_INFORMATION SUPPLIED_.
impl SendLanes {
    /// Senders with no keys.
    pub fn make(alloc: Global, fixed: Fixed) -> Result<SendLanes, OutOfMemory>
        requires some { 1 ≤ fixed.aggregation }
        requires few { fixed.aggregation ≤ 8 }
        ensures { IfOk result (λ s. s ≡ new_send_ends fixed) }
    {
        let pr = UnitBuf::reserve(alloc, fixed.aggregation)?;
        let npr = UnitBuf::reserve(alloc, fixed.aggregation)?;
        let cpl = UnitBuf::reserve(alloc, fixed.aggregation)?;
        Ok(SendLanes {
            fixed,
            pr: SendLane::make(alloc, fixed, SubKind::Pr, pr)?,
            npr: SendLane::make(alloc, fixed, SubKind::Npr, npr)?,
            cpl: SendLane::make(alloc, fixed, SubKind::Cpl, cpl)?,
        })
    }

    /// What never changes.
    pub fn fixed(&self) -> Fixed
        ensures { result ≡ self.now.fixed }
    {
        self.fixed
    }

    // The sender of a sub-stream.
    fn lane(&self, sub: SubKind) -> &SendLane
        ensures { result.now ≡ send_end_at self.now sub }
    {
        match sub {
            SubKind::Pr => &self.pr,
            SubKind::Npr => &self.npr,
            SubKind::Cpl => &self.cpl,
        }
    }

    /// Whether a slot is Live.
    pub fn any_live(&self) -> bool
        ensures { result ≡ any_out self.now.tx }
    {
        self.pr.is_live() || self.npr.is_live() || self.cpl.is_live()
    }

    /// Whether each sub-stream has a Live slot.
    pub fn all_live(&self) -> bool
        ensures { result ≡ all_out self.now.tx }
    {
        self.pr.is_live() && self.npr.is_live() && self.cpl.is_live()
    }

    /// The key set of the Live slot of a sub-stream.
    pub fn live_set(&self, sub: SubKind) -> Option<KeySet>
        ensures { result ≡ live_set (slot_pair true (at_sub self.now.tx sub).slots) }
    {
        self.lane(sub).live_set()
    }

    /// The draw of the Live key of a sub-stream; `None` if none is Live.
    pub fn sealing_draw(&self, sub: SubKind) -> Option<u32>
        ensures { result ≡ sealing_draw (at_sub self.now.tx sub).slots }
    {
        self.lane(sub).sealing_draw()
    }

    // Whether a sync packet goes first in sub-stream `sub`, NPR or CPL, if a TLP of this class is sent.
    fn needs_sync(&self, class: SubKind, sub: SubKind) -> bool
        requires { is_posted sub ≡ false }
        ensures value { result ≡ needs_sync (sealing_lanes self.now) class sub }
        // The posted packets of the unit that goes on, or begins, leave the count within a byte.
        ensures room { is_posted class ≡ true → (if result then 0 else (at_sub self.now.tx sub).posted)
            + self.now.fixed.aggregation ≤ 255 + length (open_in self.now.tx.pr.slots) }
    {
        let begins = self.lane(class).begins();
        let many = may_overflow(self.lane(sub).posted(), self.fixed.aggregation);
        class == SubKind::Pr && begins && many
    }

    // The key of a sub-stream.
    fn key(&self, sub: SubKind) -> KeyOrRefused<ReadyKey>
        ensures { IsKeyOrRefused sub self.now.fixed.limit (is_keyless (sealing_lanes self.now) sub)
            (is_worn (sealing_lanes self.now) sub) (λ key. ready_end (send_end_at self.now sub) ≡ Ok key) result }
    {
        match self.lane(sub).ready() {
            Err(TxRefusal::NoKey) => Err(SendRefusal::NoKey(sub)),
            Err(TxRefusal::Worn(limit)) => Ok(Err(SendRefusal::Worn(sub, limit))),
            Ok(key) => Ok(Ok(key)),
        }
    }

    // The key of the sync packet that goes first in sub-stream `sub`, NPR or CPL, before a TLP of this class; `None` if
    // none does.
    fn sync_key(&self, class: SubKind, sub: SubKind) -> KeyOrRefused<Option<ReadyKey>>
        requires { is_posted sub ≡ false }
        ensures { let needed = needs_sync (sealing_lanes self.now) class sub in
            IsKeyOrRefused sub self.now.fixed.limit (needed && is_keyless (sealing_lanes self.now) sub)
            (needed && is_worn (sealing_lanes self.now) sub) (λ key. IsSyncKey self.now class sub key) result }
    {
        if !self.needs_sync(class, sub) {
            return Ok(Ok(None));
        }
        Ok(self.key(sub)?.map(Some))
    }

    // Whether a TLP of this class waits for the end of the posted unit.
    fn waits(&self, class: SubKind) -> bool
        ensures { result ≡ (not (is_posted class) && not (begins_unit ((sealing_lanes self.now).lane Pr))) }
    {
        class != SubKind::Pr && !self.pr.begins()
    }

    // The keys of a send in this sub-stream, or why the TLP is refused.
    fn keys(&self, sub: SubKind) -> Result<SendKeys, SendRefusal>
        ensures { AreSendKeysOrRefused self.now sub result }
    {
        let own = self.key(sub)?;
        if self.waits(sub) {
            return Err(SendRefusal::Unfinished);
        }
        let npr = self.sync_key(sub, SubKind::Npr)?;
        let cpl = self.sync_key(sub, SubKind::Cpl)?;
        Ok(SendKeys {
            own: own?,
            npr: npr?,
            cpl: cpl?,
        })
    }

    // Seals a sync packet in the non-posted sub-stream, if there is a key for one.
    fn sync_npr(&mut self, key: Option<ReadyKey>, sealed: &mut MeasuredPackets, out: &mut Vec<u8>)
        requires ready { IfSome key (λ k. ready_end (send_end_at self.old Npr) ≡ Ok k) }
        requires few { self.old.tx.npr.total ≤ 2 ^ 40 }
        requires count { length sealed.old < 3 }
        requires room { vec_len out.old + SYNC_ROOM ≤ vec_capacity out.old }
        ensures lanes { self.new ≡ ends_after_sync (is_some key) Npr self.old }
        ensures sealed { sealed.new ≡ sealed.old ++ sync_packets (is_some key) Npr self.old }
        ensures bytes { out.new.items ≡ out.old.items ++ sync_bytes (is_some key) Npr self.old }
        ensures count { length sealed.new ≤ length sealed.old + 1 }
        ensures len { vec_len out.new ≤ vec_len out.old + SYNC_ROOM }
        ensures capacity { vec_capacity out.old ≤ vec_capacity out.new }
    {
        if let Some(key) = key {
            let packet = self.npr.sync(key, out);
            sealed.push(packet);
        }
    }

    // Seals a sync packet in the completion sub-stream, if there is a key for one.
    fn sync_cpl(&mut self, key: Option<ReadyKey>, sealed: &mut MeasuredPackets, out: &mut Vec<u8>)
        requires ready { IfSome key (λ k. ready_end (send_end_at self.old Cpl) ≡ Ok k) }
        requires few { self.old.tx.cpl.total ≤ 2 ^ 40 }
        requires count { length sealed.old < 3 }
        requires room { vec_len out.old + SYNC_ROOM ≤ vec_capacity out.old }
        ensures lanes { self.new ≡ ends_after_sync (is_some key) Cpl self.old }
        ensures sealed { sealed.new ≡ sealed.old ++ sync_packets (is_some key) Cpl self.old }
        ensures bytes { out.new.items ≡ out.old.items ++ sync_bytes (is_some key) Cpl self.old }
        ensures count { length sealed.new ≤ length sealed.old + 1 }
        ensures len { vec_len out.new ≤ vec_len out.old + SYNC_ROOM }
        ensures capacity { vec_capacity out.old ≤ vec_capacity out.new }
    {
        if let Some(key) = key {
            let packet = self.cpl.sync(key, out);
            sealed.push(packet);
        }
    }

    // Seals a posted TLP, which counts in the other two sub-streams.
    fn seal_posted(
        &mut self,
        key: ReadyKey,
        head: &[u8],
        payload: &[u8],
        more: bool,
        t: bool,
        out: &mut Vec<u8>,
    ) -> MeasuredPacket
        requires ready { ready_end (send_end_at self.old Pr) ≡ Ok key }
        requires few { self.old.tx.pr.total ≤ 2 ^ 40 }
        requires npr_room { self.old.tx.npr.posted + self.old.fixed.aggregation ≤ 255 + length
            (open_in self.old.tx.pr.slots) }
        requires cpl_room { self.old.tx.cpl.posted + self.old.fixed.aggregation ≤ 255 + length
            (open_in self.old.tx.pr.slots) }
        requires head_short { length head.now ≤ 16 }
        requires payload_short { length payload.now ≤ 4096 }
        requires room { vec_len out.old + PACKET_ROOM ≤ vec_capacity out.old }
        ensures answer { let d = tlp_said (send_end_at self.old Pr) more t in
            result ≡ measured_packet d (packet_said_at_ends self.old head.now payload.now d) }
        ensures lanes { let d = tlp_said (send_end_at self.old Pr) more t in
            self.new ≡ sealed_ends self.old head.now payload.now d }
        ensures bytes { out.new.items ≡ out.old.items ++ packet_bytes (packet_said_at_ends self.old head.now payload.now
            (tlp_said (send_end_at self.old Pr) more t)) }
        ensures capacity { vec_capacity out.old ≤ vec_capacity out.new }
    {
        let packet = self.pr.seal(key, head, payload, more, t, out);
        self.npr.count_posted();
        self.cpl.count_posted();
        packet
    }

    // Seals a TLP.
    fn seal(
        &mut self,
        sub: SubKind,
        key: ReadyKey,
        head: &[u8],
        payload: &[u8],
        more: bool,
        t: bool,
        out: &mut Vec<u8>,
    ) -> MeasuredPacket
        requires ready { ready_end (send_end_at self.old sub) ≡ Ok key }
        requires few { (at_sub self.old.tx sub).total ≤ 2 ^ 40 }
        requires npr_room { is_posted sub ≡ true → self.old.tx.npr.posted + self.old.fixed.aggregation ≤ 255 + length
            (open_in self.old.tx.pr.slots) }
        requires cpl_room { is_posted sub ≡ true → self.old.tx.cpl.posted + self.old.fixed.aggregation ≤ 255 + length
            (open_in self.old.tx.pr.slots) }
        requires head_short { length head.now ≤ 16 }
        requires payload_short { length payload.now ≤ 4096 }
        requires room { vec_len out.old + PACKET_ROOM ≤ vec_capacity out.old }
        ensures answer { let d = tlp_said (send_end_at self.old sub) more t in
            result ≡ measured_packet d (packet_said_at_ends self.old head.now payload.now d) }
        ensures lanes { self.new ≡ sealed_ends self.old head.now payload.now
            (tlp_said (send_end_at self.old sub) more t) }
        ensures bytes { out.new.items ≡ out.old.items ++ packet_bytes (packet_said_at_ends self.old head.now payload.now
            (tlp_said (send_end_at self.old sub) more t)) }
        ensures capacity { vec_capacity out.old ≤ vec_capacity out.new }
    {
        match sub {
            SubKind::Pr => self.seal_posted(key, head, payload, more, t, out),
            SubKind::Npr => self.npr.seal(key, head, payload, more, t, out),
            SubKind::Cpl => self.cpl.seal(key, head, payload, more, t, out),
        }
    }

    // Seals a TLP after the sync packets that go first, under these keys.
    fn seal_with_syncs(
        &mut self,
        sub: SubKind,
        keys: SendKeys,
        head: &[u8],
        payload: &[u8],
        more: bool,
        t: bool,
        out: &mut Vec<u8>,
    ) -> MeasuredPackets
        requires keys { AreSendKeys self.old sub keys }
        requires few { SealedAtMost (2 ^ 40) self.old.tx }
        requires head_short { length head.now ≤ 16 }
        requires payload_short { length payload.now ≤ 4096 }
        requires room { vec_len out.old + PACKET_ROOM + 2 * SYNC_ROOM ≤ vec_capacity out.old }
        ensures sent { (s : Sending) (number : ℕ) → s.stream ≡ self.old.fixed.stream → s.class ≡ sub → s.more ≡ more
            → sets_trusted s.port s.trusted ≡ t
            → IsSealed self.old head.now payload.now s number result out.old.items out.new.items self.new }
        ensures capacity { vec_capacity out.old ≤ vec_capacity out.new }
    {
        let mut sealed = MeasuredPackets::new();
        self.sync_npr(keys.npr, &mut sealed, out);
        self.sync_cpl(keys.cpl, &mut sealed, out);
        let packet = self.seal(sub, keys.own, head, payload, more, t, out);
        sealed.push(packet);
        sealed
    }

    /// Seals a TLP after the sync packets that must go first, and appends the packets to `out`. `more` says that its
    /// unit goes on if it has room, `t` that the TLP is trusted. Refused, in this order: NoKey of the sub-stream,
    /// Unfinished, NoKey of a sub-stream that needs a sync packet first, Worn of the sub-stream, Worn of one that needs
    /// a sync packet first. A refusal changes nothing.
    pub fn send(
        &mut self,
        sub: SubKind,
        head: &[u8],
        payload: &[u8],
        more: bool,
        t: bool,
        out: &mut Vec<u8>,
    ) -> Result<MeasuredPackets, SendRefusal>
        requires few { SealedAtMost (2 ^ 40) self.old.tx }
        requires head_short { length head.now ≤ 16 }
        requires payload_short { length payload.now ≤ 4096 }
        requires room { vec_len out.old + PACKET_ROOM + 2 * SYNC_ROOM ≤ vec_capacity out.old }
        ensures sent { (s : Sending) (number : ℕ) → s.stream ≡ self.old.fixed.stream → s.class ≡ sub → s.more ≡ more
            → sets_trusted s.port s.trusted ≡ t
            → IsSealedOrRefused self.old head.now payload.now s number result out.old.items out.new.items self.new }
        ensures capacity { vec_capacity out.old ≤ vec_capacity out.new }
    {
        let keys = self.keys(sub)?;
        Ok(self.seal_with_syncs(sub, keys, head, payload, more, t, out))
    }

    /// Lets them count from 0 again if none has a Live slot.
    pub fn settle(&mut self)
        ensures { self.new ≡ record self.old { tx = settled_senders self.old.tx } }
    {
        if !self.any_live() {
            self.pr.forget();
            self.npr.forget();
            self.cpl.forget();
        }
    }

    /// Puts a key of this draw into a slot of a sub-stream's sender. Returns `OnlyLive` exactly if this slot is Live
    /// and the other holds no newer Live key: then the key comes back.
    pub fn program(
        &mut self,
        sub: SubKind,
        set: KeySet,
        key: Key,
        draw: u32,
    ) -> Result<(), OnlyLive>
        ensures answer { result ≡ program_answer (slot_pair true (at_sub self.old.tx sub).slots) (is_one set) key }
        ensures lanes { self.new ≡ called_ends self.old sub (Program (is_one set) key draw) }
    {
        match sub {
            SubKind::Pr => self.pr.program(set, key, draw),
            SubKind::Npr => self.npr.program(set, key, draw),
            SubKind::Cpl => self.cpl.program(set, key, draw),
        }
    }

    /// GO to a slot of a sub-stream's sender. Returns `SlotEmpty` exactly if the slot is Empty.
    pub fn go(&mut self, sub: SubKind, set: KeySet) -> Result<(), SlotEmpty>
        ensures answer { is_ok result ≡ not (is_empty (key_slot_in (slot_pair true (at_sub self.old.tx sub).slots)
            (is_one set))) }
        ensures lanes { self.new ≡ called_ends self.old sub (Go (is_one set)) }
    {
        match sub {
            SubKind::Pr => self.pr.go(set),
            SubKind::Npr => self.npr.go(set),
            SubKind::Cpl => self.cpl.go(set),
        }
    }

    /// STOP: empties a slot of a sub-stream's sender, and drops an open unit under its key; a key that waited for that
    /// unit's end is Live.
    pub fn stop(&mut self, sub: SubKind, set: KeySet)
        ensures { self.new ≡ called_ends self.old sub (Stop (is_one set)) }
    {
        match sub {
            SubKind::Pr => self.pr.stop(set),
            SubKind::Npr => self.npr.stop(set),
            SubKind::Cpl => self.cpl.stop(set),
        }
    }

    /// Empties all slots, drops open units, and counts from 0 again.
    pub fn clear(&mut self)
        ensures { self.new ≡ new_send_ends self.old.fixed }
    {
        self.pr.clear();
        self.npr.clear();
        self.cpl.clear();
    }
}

_DESCRIPTION OF THE TASK_. Please give the number of lines in the material above that contain the string "exactly", and nothing else.

_TASK SOLUTION_. 2